Home Video Hovel: More Than Honey, by Mat Bradley-Tschirgi
As Switzerland’s submission for the 2014 Best Foreign Language Film Academy Award, More Than Honey has a lot of buzz. Director Markus Imhoof, whose 1981 film The Boat is Full was nominated for an Academy Award, takes a look at the industry of harvesting honey around the world from China and Australia to the United States and Switzerland. The central mystery at hand is why bees around the world are dying and what can be done about it.
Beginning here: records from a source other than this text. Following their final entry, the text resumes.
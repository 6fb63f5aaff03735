//! Slow timeouts without what nextest may convert.

ghost use Rattle.std.specs.Prelude.{◌≡◌, ◌↔◌, IfOk, IsTrue, option_map};
ghost use Rattle.toml.specs.Data.{table};
ghost use Rattle.toml.specs.View.{table_view, view};
ghost use Rattle.nextest_config_elements.specs.SlowTimeout.{terminate_after_key};
ghost use Rattle.nextest_config_profiles.specs.Reach.{words_of};
ghost use Rattle.nextest_config_profiles.specs.Report.Converted.{HasConverted, IsRestRead, IsUnconverted, without};

use crate::effective::read_value;
use crate::report::given::{Given, given_of};
use crate::report::keys::with_key;
use nextest_config_elements::profile_setting::ProfileSetting;
use nextest_config_lint::is_converted_at;
use nextest_config_values::read::value_at;
use std::alloc::{AllocError, Global};
use toml::{Table, Value};

const TERMINATE_AFTER: &str = "terminate-after";

/// The value at these keys of a profile without a `terminate-after` that nextest may convert, if it
/// has one.
pub(crate) fn unconverted(
    alloc: Global,
    keys: &[&str],
    value: Value,
) -> Result<Option<Value>, AllocError>
    ensures { IfOk result (λ rest.
        IsUnconverted (words_of keys.now) (view value) (option_map view rest)) }
{
    match value {
        Value::Table(members) => unconverted_members(alloc, keys, members),
        _ => Ok(None),
    }
}

// A table at these keys without a `terminate-after` that nextest may convert, if it has one.
fn unconverted_members(
    alloc: Global,
    keys: &[&str],
    members: Table,
) -> Result<Option<Value>, AllocError>
    ensures { IfOk result (λ rest.
        IsUnconverted (words_of keys.now) (table (table_view members)) (option_map view rest)) }
{
    if has_converted(alloc, keys, &members)? {
        return Ok(Some(without(members)));
    }
    Ok(None)
}

// Whether a table at these keys has a `terminate-after` that nextest may convert.
fn has_converted(alloc: Global, keys: &[&str], members: &Table) -> Result<bool, AllocError>
    ensures { IfOk result (λ has.
        IsTrue has ↔ HasConverted (words_of keys.now) (table_view members.now)) }
{
    let Some(value) = value_at(members, TERMINATE_AFTER) else {
        return Ok(false);
    };
    let path = with_key(alloc, keys, TERMINATE_AFTER)?;
    Ok(is_converted_at(path.as_slice(), value))
}

// A table without its `terminate-after`.
fn without(mut members: Table) -> Value
    ensures { view result ≡ table (without terminate_after_key (table_view members)) }
{
    drop(members.remove(TERMINATE_AFTER));
    Value::Table(members)
}

/// What this profile gives where the rest of its value is read.
pub(crate) fn read_rest<'p, T: ProfileSetting>(
    alloc: Global,
    profile: &'p str,
    rest: &Value,
) -> Result<Given<'p>, AllocError>
    ensures { IfOk result (IsRestRead T.reading profile.now (view rest.now)) }
{
    match read_value::<T>(alloc, profile, rest)? {
        Some(given) => Ok(given_of(given)),
        None => Ok(Given::Value { profile }),
    }
}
Imhoof offers no easy answers, letting viewers observe various approaches to beekeeping in extreme close-ups rendered in spectacular high-definition that reveal every unsettling detail.
More Than Honey deftly sets up its stark approach to its subject in its opening sequence. An elderly Swiss beekeeper carries a ladder and an axe up a mountain. Taking a few puffs of his cigar, he sets down the ladder next to a tree. As he ascends, he reaches a beehive. Wearing casual clothes and no beekeeping suit, he swings the axe at the beehive, knocking it off the tree. The level of confidence of the beekeeper collecting the beehive with no safety precautions in place is astounding to watch. The simple bee collecting method in this scene contrasts greatly with later sequences focuses on industrial methods used in the United States that squish countless bees to gain access to their dripping honeycombs.
The high-definition cinematography captures the bees in sickness and in health. Some of the footage of bees dying from parasitic mites is an H.R. Giger fantasy come to life. Much scientific material is stripped down to its barest essence. The visuals educate the viewer more than the talking heads on display. The effect of industrialized beekeeping on the bees itself is nothing less than chilling. The bees get agitated being transported on semi trucks, so the drivers have to take very short breaks and travel very long distances. Entire hives fail to survive the trip due to infection. The hives that remain are pumped full of sugar water mixed with antibiotics to help them along; most of the bees wouldn’t be able to survive without it.
Thankfully, Imhoof does not end for a cynical note. This documentary features moments of humor and hope amidst the grim realities bees face. Every person interviewed has an interesting story to tell. A warm and inviting documentary about the insects behind a tasty toast topping, More Than Honey is one of the best documentaries of recent memory.
The Blu-ray from Kino Lorber offers audio tracks in German (narrated by Robert Hunger-Bühler) and English (narrated by John Hurt). There is a nice selection of bonus materials, including seven deleted scenes, two brief making-of programs, German and American trailers, and a lengthy interview with the director. The picture and sound quality are excellent.